EXAMINATION Contact Information
FLEX or USMLE
Federation of State Medical Boards
400 Fuller Wiser Road
Euless, Texas 76039
The request form is now available only on the NBME website. Only those applicants who either passed the former NBME Parts or a combination of NBME Parts and USMLE Steps should complete this form and send it to the NBME. Those applicants who passed only the USMLE Steps must complete the EBHAR form and forward it to the Federation of State Medical Boards. They should not complete the endorsement of certification form found on the NBME website.
National Board of Osteopathic Medicinal Examiners
8765 West Higgins Road, Suite 200
Chicago, Illinois 60631
Medical Council of Canada
1867 Alta Vista Drive
Case Postale, Box 8234
Ottawa, Canada K1G 3H7
You must have the state board where you took the examination complete the verification of state licensure form and attach the subjects, scores, date of examination and average. This can be done in conjunction with the license verification of the State where you took the examination.
PUERTO RICO EXAMINATION
The Indiana Medical Licensing Board does not accept the Puerto Rico examination. All graduates from Puerto Rico must take the English version of the USMLE in order to be considered for licensure in Indiana.
EXAMINATION SCORE COMBINATIONS
An applicant for unlimited licensure must be certified by one of the following examination combinations:
Please note the law regarding the USMLE (effective July 2008):
844 IAC 4-4.5-12 Passing requirements for United States Medical Licensing Examination states:
Sec. 12. The following are the examination passing requirements for licensure:
(1) A score of seventy-five (75) is the minimum passing score for all steps of the United States Medical Licensing Examination (USMLE).
(2) An applicant may have a maximum of three (3) attempts to pass each step of the USMLE. Therefore, upon the third seating of each step of the exam, the applicant must obtain a passing score.
(3) All steps of the USMLE must be taken and successfully passed within a ten (10) year time period. This ten (10) year period begins when the applicant first passes a step, either Step 1 or Step II. In counting the number of attempts regarding USMLE steps, previous attempts on the National Board Medical Examination and the examination of the Federation of State Medical Boards of the Unites States are included.
If you do not meet the ten (10) year period, you may apply for licensure and retake Step 1 and/or Step 2 of the USMLE to put you within the ten (10) year period if it does not put you over the three (3) attempts. You must make application and request to retake Step 1 and/or Step 2. Our agency will send out the appropriate letters to the Federation so that you may reapply to take the appropriate steps of the USMLE.
If it has taken you more than three (3) attempts to pass a step of the USMLE you are not eligible for licensure in Indiana.
Please note the law regarding COMLEX-USA
844 IAC 4-4.5-13 Passing requirements for Comprehensive Osteopathic Medical Licensing Examination
Sec. 13 The following are the examination passing requirements for licensure:
(1) A score of three hundred fifty (350) is the minimum passing score for Step III of the Comprehensive Osteopathic Medical Licensing Exam (COMLEX - USA)

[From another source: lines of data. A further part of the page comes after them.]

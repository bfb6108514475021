// What a customer's order comes to, filled by an executor's quote.
ghost use Rattle.std.specs.Prelude.{◌≡◌, ◌≢◌, ◌*◌, ◌≤◌, Err, IfOk, Some, codes};
ghost use Rattle.worked_fill.specs.Figures.{filled};

use book::{ReadBook, Side};
use euro::{Euro, gain, ten_thousandths};
use pricing::price_order;
use std::error::Error;
use std::fmt;

// A buying customer's order of a volume, filled by an executor who is better than the average by the relative limit. All of
// it in thousandths of a euro, but for the average to a digit more.
#[derive(Clone, Copy, PartialEq, Eq, Debug)]
pub struct Fill {
    pub volume: u32,
    pub relative: u32,
    // What the order would cost in the book, and the limit of the last order that it reaches there.
    pub cost: u64,
    pub last: u32,
    // The average in ten-thousandths, the rest dropped, and rounded to thousandths.
    pub exact: u64,
    pub average: u32,
    // What the customer pays a share, and saves on all of them.
    pub price: u64,
    pub gain: u64,
}

// Why there is no fill.
#[derive(Clone, Copy, PartialEq, Eq, Debug)]
pub enum NoFill {
    // The book has too few shares.
    NoAverage,
    // The price would be below a thousandth.
    NoPrice,
    // The book is cheaper.
    NoGain,
}

impl fmt::Display for NoFill {
    ghost use Rattle.worked_fill.specs.Text.{reason};

    ghost output = { λ why. Some (reason why) };

    fn fmt<W: fmt::Write>(&self, f: &mut fmt::Formatter<W>) -> fmt::Result {
        f.write_str(match self {
            NoFill::NoAverage => "the book has no average for the order",
            NoFill::NoPrice => "the price would be below 0.001",
            NoFill::NoGain => "the price is worse than the book",
        })
    }
}

impl Error for NoFill {}

impl Fill {
    pub fn of<B: ReadBook>(book: &B, volume: u32, relative: u32) -> Result<Fill, NoFill>
        ensures answer { result ≡ filled volume relative (B.asks book.now) }
        ensures gain { 1 ≤ relative → IfOk result (λ f. volume ≤ 2 * f.gain) }
        ensures never_worse { 1 ≤ relative → result ≢ Err NoFill.NoGain }
    {
        let quotation = price_order(book, Side::Bid, volume, relative).ok_or(NoFill::NoAverage)?;
        let price = quotation.price.ok_or(NoFill::NoPrice)?;
        // There are shares, and no cost comes near 64 bits: the proof shows that it is there.
        let exact = ten_thousandths(quotation.cost, volume).unwrap();
        let gain = gain(quotation.cost, volume, price).ok_or(NoFill::NoGain)?;
        Ok(Fill {
            volume,
            relative,
            cost: quotation.cost,
            last: quotation.last,
            exact,
            average: quotation.average,
            price,
            gain,
        })
    }
}

impl fmt::Display for Fill {
    ghost use Rattle.worked_fill.specs.Text.{fill_text};

    ghost output = { λ fill. Some (fill_text fill) };

    fn fmt<W: fmt::Write>(&self, f: &mut fmt::Formatter<W>) -> fmt::Result {
        let average = Euro(self.average as u64);
        writeln!(
            f,
            "In the book they would cost {}, the last of them at {}.",
            Euro(self.cost),
            Euro(self.last as u64)
        )?;
        writeln!(
            f,
            "On average that is {}{}, rounded {average}.",
            Euro(self.exact / 10),
            self.exact % 10
        )?;
        write!(
            f,
            "The price: {average} - {} = {}.",
            Euro(self.relative as u64),
            Euro(self.price)
        )
    }
}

(2) An applicant may have a maximum of five (5) attempts to pass each step of the COMLEX - USA. Therefore, upon the fifth seating of each step of the exam, the applicant must obtain a passing score.

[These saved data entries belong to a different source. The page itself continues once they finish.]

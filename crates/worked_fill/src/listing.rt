// The asks of a book as text.
ghost use Rattle.std.specs.Prelude.{◌≡◌, Some};
ghost use Rattle.std.specs.Fmt.{WritesOnOk};
ghost use Rattle.worked_fill.specs.Text.{HiddenAsksAreNotShown, ask_text, asks_text, listing_text};

use crate::lot::Lot;
use book::{Orders, ReadBook, Resting, Side};
use std::fmt;

// The asks of a book as customers see them, without the hidden ones, and as they are.
#[derive(Clone, Copy)]
pub struct Listing<'a, B>(pub &'a B);

fn write_ask<W: fmt::Write>(f: &mut fmt::Formatter<W>, order: Resting, hidden: bool) -> fmt::Result
    ensures { WritesOnOk W.write_str_gives f.old result (ask_text hidden order) f.new }
{
    let lot = Lot::from(order);
    if order.visible {
        writeln!(f, "  {lot}")
    } else if hidden {
        writeln!(f, "  {lot}, hidden")
    } else {
        Ok(())
    }
}

// In priority order, the hidden ones only if they are to be shown.
fn write_asks<W: fmt::Write, B: ReadBook>(
    f: &mut fmt::Formatter<W>,
    book: &B,
    hidden: bool,
) -> fmt::Result
    ensures { WritesOnOk W.write_str_gives f.old result (asks_text hidden (B.asks book.now)) f.new }
{
    for order in Orders::of(book, Side::Ask) {
        write_ask(f, order, hidden)?;
    }
    Ok(())
}

impl<B: ReadBook> fmt::Display for Listing<'_, B> {
    ghost output = { λ listing. Some (listing_text (B.asks listing.0.now)) };

    fn fmt<W: fmt::Write>(&self, f: &mut fmt::Formatter<W>) -> fmt::Result {
        writeln!(f, "Asks as a customer sees them, prices in euro:")?;
        write_asks(f, self.0, false)?;
        writeln!(f, "Asks as they are:")?;
        write_asks(f, self.0, true)
    }
}

// What a customer sees is what would stand there if no ask were hidden.
fn hidden_asks_are_not_shown()
    ensures { HiddenAsksAreNotShown }
{}
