// A fill as text: its figures, and its executions.
ghost use Rattle.std.specs.Prelude.{◌≡◌, Some};
ghost use Rattle.std.specs.Fmt.{WritesOnOk};
ghost use Rattle.book.specs.Sides.{reaches};
ghost use Rattle.book.specs.declared.side.Side.TheVariants.{Ask};
ghost use Rattle.worked_fill.specs.Text.{account_text, swept_text};

use crate::figures::Fill;
use crate::lot::Lot;
use book::{Orders, ReadBook, Resting, Side};
use euro::Euro;
use std::fmt;

// Of a fill, and the book that it is worked out against: what the executor buys first, each ask at its own limit, then what the
// customer buys from the executor, and what that gains.
#[derive(Clone, Copy)]
pub struct Account<'a, B> {
    pub book: &'a B,
    pub fill: Fill,
}

// Whether the executor buys an ask before it fills the customer at the price.
fn is_swept(ask: &Resting, price: u64) -> bool
    ensures { result ≡ reaches Ask ask.now.limit price }
{
    Side::Ask.reaches(ask.limit, price)
}

// The asks at the price or better, each at its own limit.
fn write_swept<W: fmt::Write, B: ReadBook>(
    f: &mut fmt::Formatter<W>,
    book: &B,
    price: u64,
) -> fmt::Result
    ensures { WritesOnOk W.write_str_gives f.old result (swept_text price (B.asks book.now)) f.new }
{
    for ask in Orders::of(book, Side::Ask) {
        if !is_swept(&ask, price) {
            break;
        }
        writeln!(f, "  {}", Lot::from(ask))?;
    }
    Ok(())
}

impl<B: ReadBook> fmt::Display for Account<'_, B> {
    ghost output = { λ account. Some (account_text account.fill (B.asks account.book.now)) };

    fn fmt<W: fmt::Write>(&self, f: &mut fmt::Formatter<W>) -> fmt::Result {
        let fill = self.fill;
        let bought = Lot {
            volume: fill.volume,
            price: fill.price,
        };
        writeln!(f, "{fill}")?;
        writeln!(
            f,
            "First the executor buys what is offered at that price or better:"
        )?;
        write_swept(f, self.book, fill.price)?;
        writeln!(f, "Then the customer buys from the executor:")?;
        writeln!(f, "  {bought}")?;
        write!(
            f,
            "Against the book the customer gains {} euro.",
            Euro(fill.gain)
        )
    }
}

(3) All steps of the COMLEX - USA must be taken and passed in sequential order within a seven (7) year time period. This seven (7) year period begins when the applicant first takes Step I. In counting the number of attempts regarding COMLEX - USA steps, previous attempts on the National Board Osteopathic Medical Examinations are included.
All licenses issued will expire on October 31, 2015 and will be required to be renewed October 31 of every following odd year.
Renewals: A renewal reminder will be sent via email. Please make sure that IPLA always has your current email and address.